The prediction of aboveground biomass is essential for understanding ecosystems and the sustainable management of natural resources. However, field data collection faces cost and feasibility limitations when applied on a large scale, making accurate biomass mapping challenging. As an alternative, remote sensing, combined with machine learning techniques, has proven to be an scalable and effective tool for estimating biomass in large areas, with greater precision and lower cost.
The workflow on this project utilizes a combination of diverse datasets. First of all is MapBiomas (collection 7) to make a Land Use and Land Cover analysis on the area of interest. Then, the target variable is sampled using ESA CCI Global Forest Above Ground Biomass. The Harmonized Sentinel-2 MSI (Level-2A) and Sentinel-1 SAR GRD with log scaling were used to get vegetation indices, biophysical parameters and texture measures as features. The features also incorporates NASA SRTM Digital Elevation (30m) and ETH Global Sentinel-2 10m Canopy Height (2020), contributing to a robust and detailed approach.
The primary objective of this work was to:
- Develop and implement predictive models for aboveground biomass using remote sensing data.
- Assess the accuracy of these models and compare it with National Forest Inventory (NFI) data.
- Generate reliable maps of aboveground biomass for the study area.
The methodology included the following key components:
- Sampling Techniques: Methods for selecting representative data samples such as grid and random sampling.
- K-Fold Cross-Validation: Used to assess model performance and avoid overfitting.

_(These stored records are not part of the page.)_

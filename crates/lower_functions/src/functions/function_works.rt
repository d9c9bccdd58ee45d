//! The first works of a function.
ghost use Rattle.std.specs.Prelude.{◌≡◌, ◌++◌, IfOk, map, length};
ghost use Rattle.c_layout.specs.Types.{view};
ghost use Rattle.c_layout.specs.CheckedUnits.{function_view};
ghost use Rattle.lower_templates.specs.Worklist.Acts.{act};
ghost use Rattle.lower_templates.specs.Worklist.Plans.{plan};
ghost use Rattle.lower_templates.specs.Worklist.Settings.{setting};
ghost use Rattle.lower_functions.specs.Functions.Functions as spec;

use crate::statements::{push_enters, push_leaves, push_statements, push_stop};
use c_layout::{CType, Function};
use cc_base::Place;
use cfg::{Instruction, Operation, Scalar};
use lower_templates::worklist::{
    BaseName, Builder, Landing, Piece, Setting, Surroundings, Work, is_void, scalar,
};
use std::alloc::AllocError;

/// The type of a local object; the result's for a number behind them.
fn local_type(function: &Function, number: u32) -> &CType
    ensures { view result.now ≡ spec.local_type (function_view function.now) number }
{
    match function.locals.get(number as usize) {
        Some(found) => &found.ctype,
        None => &function.result,
    }
}

/// Adds the entering of the object of the result, where there is one.
fn push_result_enter(builder: &mut Builder, place: Place, ctype: &CType) -> Result<(), AllocError>
    ensures { IfOk result (λ _. plan builder.new ≡ spec.result_entered place (view ctype.now) (plan builder.old)) }
{
    if is_void(ctype) {
        Ok(())
    } else {
        let base = builder.base(BaseName::Outcome)?;
        builder.emit(place, Operation::Enter(base))
    }
}

/// Adds the store of an argument, which is in the temporary of its number; `spare` is one behind all
/// arguments.
fn push_argument(
    builder: &mut Builder,
    place: Place,
    spare: u32,
    number: u32,
    kind: Scalar,
) -> Result<(), AllocError>
    ensures { IfOk result (λ _. plan builder.new ≡ spec.argument place spare number kind (plan builder.old)) }
{
    let base = builder.base(BaseName::Local(number))?;
    builder.emit(place, Operation::Address(spare, base, 0))?;
    builder.emit(place, Operation::Store(spare, number, kind, None))
}

/// Adds the stores of the arguments, in order.
fn push_arguments(
    builder: &mut Builder,
    place: Place,
    function: &Function,
    numbers: &[u32],
) -> Result<(), AllocError>
    ensures { IfOk result (λ _. plan builder.new ≡ spec.arguments place (function_view function.now) numbers.now (plan builder.old)) }
{
    for number in numbers {
        let kind = scalar(local_type(function, *number));
        push_argument(builder, place, function.parameters, *number, kind)?;
    }
    Ok(())
}

/// Adds the entering of the parameters and the result, and the stores of the arguments.
fn push_parameters(
    cx: &Setting,
    builder: &mut Builder,
    function: &Function,
) -> Result<(), AllocError>
    ensures { IfOk result (λ _. plan builder.new ≡ spec.parameters (setting cx.now) (function_view function.now) (plan builder.old)) }
{
    push_enters(builder, cx.place, cx.parameters.as_slice())?;
    push_result_enter(builder, cx.place, &function.result)?;
    push_arguments(builder, cx.place, function, cx.parameters.as_slice())
}

/// Adds an instruction that is done where the call's value is used.
fn push_if_used(builder: &mut Builder, place: Place, operation: Operation) -> Result<(), AllocError>
    ensures { IfOk result (λ _. plan builder.new ≡ spec.if_used place (act operation) (plan builder.old)) }
{
    builder.add(Work::Ready(Piece::DoIfUsed(Instruction { place, operation })))
}

/// Adds the loading of the result, where it is used, and its leaving.
fn push_loaded_result(builder: &mut Builder, place: Place, kind: Scalar) -> Result<(), AllocError>
    ensures { IfOk result (λ _. plan builder.new ≡ spec.result_loaded place kind (plan builder.old)) }
{
    let base = builder.base(BaseName::Outcome)?;
    push_if_used(builder, place, Operation::Address(0, base, 0))?;
    push_if_used(builder, place, Operation::Load(0, 0, kind))?;
    builder.emit(place, Operation::Leave(base))
}

/// Adds what becomes of the result, where there is one.
fn push_outcome(builder: &mut Builder, place: Place, ctype: &CType) -> Result<(), AllocError>
    ensures { IfOk result (λ _. plan builder.new ≡ spec.outcome place (view ctype.now) (plan builder.old)) }
{
    if is_void(ctype) {
        Ok(())
    } else {
        push_loaded_result(builder, place, scalar(ctype))
    }
}

/// Where the statements of the outermost block stand.
fn outermost(end: u32) -> Surroundings
    ensures { result ≡ spec.outermost end }
{
    let nowhere = Landing {
        label: end,
        scope: 0,
    };
    Surroundings {
        scope: 1,
        on_break: nowhere,
        on_continue: nowhere,
        choice: 0,
    }
}

/// Adds the function's outermost block.
fn push_body<'a>(
    cx: &Setting<'a>,
    builder: &mut Builder<'a>,
    function: &'a Function,
) -> Result<(), AllocError>
    ensures { IfOk result (λ _. plan builder.new ≡ spec.body (setting cx.now) (function_view function.now) (plan builder.old)) }
{
    push_enters(builder, cx.place, function.scope.as_slice())?;
    push_statements(builder, function.body.as_slice(), outermost(cx.end))?;
    push_leaves(builder, cx.place, function.scope.as_slice())
}

/// The works of the entry: its body, and the stop.
fn push_entry<'a>(
    cx: &Setting<'a>,
    builder: &mut Builder<'a>,
    function: &'a Function,
) -> Result<(), AllocError>
    ensures { IfOk result (λ _. plan builder.new ≡ spec.entry (setting cx.now) (function_view function.now) (plan builder.old)) }
{
    push_body(cx, builder, function)?;
    push_stop(builder, cx.place)
}

/// What stands behind the body of a function that is called.
fn push_after_body(cx: &Setting, builder: &mut Builder, ctype: &CType) -> Result<(), AllocError>
    ensures { IfOk result (λ _. plan builder.new ≡ spec.after_body (setting cx.now) (view ctype.now) (plan builder.old)) }
{
    push_leaves(builder, cx.place, cx.parameters.as_slice())?;
    builder.mark(cx.end)?;
    push_outcome(builder, cx.place, ctype)
}

/// The works of a function that is called: parameters, body, and what stands behind it.
fn push_called<'a>(
    cx: &Setting<'a>,
    builder: &mut Builder<'a>,
    function: &'a Function,
) -> Result<(), AllocError>
    ensures { IfOk result (λ _. plan builder.new ≡ spec.called (setting cx.now) (function_view function.now) (plan builder.old)) }
{
    let first = builder.new_labels(2)?;
    builder.mark(first)?;
    push_parameters(cx, builder, function)?;
    builder.mark(first + 1)?;
    push_body(cx, builder, function)?;
    push_after_body(cx, builder, &function.result)
}

/// The works of a function, which is the entry or is called.
pub fn push_function<'a>(
    cx: &Setting<'a>,
    builder: &mut Builder<'a>,
    function: &'a Function,
) -> Result<(), AllocError>
    ensures { IfOk result (λ _. plan builder.new ≡ spec.function (setting cx.now) (function_view function.now) (plan builder.old)) }
{
    if cx.is_entry {
        push_entry(cx, builder, function)
    } else {
        push_called(cx, builder, function)
    }
}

- Variable Selection: Identification of relevant features for model training with Mean Decrease in Accuracy (MDA) and Mean Decrease in Impurity (MDI).
- Hyperparameter Optimization: Fine-tuning model parameters with Bayesian and Random Search for improved accuracy
- Model Explanation with SHAP: Interpreting model predictions to understand feature contributions.

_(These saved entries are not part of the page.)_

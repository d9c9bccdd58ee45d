//! Operands of a program's instructions, over a map of its rows.
ghost use Rattle.std.specs.Prelude.{◌≡◌, ℕ, Some, IfOk};
ghost use Rattle.fixpoint.specs.Pool.Pool.{row_of, IsTaken};
ghost use Rattle.fixpoint.specs.Solver.RowMap.{IsHeld, slot_index, slot_row, rows_in};
ghost use Rattle.diagnose.specs.Operands.TypedRows as spec;

use crate::operands::typed_instructions::is_typed_block;
use cc_base::{IntDomain, Memory};
use cfg::Flow;
use fixpoint::pool::{Row, RowPool};
use std::alloc::{AllocError, Global};
use value_domain::values::Cell;

/// Makes `spent` the row of the pool, which may then be written.
fn copy_row<I: IntDomain>(
    spent: &mut Vec<Cell<I>>,
    pool: &RowPool<Cell<I>>,
    row: &Row,
) -> Result<(), AllocError>
    requires { IsTaken pool.now row.now.index }
    ensures { IfOk result (λ _. spent.new.items ≡ row_of pool.now row.now.index) }
{
    spent.clear();
    spent.extend_from_slice(pool.row(row))
}

/// Whether the operands of a block's instructions lie within their types from the row that the block has
/// by the map, of which `spent` becomes a copy.
fn is_typed_entry<I: IntDomain>(
    spent: &mut Vec<Cell<I>>,
    flow: &Flow,
    pool: &RowPool<Cell<I>>,
    slot: &Option<Row>,
    block: usize,
) -> Result<bool, AllocError>
    requires { (s : ℕ) → slot_index slot.now ≡ Some s → IsTaken pool.now s }
    ensures { IfOk result (λ held. held ≡ spec.is_typed_entry I.lattice I.numbers flow.now block (slot_row pool.now slot.now)) }
{
    match slot {
        None => Ok(true),
        Some(row) => {
            let number = u32::try_from(block).ok().ok_or(AllocError)?;
            copy_row(spent, pool, row)?;
            Ok(is_typed_block(flow, spent.as_mut_slice(), number))
        }
    }
}

/// Whether, in the rows of the map, the operands of each instruction lie within the types that it names.
///
/// # Errors
///
/// Want of memory.
#[tactic(auto, unfolding(crate::specs::Operands::TypedRows::is_typed_map))]
pub fn is_typed_map<I: IntDomain>(
    alloc: Global,
    flow: &Flow,
    pool: &RowPool<Cell<I>>,
    map: &[Option<Row>],
) -> Result<bool, Memory>
    requires { IsHeld pool.now map.now }
    ensures { IfOk result (λ held. held ≡ spec.is_typed_map I.lattice I.numbers flow.now (rows_in pool.now map.now)) }
{
    let mut spent = Vec::new(alloc);
    for block in 0..map.len() {
        if !is_typed_entry(&mut spent, flow, pool, &map[block], block)? {
            return Ok(false);
        }
    }
    Ok(true)
}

- Validation with NFI Data: Comparing model predictions with data from the National Forest Inventory (NFI).
Model performance was evaluated using metrics obtained through K-fold cross-validation, including:
- Root Mean Square Error (RMSE)
- Mean Absolute Error (MAE)
- Adjusted Coefficient of Determination (R²)
- Random Forest Model: Adjusted R² = 62.7%
- XGBoost Model: Adjusted R² = 62.0%
- Artificial Neural Network (DNN): Adjusted R² = 60.4%
When comparing the predicted biomass with data obtained from NFI, a difference of -8.66 t/ha was identified, indicating that the Random Forest model's predictions are, on average, lower than the values measured directly in the field.
Additionally, the Mann-Whitney U test found no statistically significant differences in performance metrics among the models.
This work contributes to the field of environmental management by providing a tool that can be used to support decision-making in conservation policies and the sustainable use of forest resources.